Work required:
Report, word for word, every line of the material that contains "Prelude".

Data:

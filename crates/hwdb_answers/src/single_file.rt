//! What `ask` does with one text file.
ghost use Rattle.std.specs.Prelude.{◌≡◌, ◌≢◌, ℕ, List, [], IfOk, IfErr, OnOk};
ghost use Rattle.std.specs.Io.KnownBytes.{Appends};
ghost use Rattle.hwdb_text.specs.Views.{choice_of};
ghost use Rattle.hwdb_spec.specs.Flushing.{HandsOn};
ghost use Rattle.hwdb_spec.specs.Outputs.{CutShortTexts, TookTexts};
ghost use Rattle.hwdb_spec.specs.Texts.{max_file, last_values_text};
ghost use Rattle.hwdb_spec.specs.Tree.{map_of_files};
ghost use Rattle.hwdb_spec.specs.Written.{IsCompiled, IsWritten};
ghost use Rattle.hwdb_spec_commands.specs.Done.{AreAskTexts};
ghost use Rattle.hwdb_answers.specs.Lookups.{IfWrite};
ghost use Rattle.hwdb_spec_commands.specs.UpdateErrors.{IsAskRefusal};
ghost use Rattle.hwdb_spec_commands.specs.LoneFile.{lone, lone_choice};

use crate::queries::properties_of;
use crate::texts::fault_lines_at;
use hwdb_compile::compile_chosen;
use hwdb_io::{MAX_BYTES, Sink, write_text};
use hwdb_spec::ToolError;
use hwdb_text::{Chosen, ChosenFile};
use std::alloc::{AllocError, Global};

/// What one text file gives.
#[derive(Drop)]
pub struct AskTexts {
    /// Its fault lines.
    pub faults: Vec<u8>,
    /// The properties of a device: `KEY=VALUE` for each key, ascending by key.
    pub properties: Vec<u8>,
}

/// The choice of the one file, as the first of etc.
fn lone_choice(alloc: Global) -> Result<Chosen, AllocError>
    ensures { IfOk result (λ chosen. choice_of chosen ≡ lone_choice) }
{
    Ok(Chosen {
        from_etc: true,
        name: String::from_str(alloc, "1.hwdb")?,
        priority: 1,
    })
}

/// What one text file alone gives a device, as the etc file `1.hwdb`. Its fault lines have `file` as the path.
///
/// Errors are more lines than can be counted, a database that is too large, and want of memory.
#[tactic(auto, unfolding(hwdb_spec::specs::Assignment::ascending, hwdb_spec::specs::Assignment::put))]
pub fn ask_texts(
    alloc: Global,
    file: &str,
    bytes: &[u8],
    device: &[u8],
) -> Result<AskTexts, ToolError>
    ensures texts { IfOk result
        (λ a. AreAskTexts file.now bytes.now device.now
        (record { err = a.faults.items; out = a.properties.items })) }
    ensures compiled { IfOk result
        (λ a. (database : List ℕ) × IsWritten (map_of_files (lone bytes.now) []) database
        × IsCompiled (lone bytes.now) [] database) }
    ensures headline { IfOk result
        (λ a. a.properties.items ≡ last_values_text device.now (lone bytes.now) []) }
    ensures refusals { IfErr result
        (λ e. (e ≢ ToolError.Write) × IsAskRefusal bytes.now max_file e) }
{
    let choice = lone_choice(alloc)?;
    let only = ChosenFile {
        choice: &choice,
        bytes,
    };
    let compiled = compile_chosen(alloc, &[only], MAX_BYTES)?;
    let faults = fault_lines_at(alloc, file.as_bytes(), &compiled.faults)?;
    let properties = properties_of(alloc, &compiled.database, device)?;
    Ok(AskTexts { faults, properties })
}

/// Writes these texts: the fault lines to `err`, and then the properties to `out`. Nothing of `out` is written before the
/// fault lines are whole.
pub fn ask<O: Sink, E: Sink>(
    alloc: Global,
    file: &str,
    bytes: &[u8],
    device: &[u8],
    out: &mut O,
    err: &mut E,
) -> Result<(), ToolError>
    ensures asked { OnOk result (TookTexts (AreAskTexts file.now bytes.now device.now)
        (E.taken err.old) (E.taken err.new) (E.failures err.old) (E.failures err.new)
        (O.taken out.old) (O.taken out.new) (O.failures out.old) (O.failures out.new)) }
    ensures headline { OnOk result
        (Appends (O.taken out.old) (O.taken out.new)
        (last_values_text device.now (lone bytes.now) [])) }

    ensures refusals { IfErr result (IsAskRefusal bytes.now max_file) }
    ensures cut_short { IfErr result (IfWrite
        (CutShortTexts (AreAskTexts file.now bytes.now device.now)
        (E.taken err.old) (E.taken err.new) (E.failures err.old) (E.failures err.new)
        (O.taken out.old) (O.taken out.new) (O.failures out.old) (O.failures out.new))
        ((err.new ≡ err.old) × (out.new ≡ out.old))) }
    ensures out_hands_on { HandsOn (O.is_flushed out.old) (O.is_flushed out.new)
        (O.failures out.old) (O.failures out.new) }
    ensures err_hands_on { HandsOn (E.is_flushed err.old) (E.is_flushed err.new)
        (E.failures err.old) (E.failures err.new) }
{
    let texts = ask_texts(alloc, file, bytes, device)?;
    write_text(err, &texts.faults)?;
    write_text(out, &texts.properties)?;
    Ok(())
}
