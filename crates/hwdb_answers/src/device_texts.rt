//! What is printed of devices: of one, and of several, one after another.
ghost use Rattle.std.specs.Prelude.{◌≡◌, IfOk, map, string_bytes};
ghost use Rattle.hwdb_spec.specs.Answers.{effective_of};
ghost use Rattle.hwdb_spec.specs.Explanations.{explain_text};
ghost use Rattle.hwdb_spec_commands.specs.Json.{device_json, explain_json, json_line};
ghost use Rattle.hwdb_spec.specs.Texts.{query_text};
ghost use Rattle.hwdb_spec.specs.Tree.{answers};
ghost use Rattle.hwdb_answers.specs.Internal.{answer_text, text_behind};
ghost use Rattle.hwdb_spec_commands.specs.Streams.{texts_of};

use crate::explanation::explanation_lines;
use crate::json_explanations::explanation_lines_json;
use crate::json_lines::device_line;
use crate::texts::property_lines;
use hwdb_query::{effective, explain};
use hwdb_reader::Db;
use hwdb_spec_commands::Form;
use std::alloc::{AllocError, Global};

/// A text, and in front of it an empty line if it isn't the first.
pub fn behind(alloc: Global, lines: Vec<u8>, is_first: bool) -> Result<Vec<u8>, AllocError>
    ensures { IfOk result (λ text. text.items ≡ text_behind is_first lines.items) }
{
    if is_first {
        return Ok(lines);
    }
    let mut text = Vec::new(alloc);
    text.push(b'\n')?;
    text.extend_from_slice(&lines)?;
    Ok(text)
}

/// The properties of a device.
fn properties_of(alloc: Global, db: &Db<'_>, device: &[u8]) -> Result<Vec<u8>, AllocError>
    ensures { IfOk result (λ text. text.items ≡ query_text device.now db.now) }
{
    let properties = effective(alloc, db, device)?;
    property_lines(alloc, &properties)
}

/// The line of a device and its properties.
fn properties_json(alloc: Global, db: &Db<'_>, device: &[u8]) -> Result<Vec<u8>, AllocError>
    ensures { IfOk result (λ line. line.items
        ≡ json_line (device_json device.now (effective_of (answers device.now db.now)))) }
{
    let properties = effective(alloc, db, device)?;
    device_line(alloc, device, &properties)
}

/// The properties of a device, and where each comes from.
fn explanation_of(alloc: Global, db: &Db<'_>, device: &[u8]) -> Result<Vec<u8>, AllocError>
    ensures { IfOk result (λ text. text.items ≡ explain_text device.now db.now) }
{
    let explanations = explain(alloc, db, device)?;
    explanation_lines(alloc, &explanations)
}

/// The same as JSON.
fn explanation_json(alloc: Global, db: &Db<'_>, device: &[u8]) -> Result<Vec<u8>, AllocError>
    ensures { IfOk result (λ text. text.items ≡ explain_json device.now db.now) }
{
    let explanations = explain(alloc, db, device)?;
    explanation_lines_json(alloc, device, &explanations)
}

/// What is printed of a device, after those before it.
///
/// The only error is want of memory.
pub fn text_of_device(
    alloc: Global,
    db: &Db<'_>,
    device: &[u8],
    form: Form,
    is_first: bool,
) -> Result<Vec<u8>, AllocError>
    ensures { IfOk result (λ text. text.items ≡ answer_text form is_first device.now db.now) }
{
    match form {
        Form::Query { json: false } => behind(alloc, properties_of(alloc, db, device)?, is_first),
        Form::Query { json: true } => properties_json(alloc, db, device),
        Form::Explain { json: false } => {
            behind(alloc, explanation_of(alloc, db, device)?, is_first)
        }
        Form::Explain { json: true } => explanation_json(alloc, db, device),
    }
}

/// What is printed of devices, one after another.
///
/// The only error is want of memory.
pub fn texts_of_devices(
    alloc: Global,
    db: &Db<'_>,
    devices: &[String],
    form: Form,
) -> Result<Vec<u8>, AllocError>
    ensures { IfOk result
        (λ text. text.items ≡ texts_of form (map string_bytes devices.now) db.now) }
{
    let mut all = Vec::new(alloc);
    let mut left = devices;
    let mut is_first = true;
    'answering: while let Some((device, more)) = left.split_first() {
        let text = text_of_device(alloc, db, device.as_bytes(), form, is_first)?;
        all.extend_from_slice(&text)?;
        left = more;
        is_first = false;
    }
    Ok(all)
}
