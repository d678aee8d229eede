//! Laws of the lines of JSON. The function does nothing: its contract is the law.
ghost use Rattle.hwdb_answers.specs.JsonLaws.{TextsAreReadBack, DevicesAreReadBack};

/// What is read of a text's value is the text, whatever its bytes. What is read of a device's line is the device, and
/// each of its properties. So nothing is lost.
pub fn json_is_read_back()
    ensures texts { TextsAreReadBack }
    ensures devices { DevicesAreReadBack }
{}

Solution to the problem:
ghost use Rattle.std.specs.Prelude.{◌≡◌, ◌≢◌, ℕ, List, [], IfOk, IfErr, OnOk};
ghost use Rattle.std.specs.Prelude.{◌≡◌, IfOk, map, string_bytes};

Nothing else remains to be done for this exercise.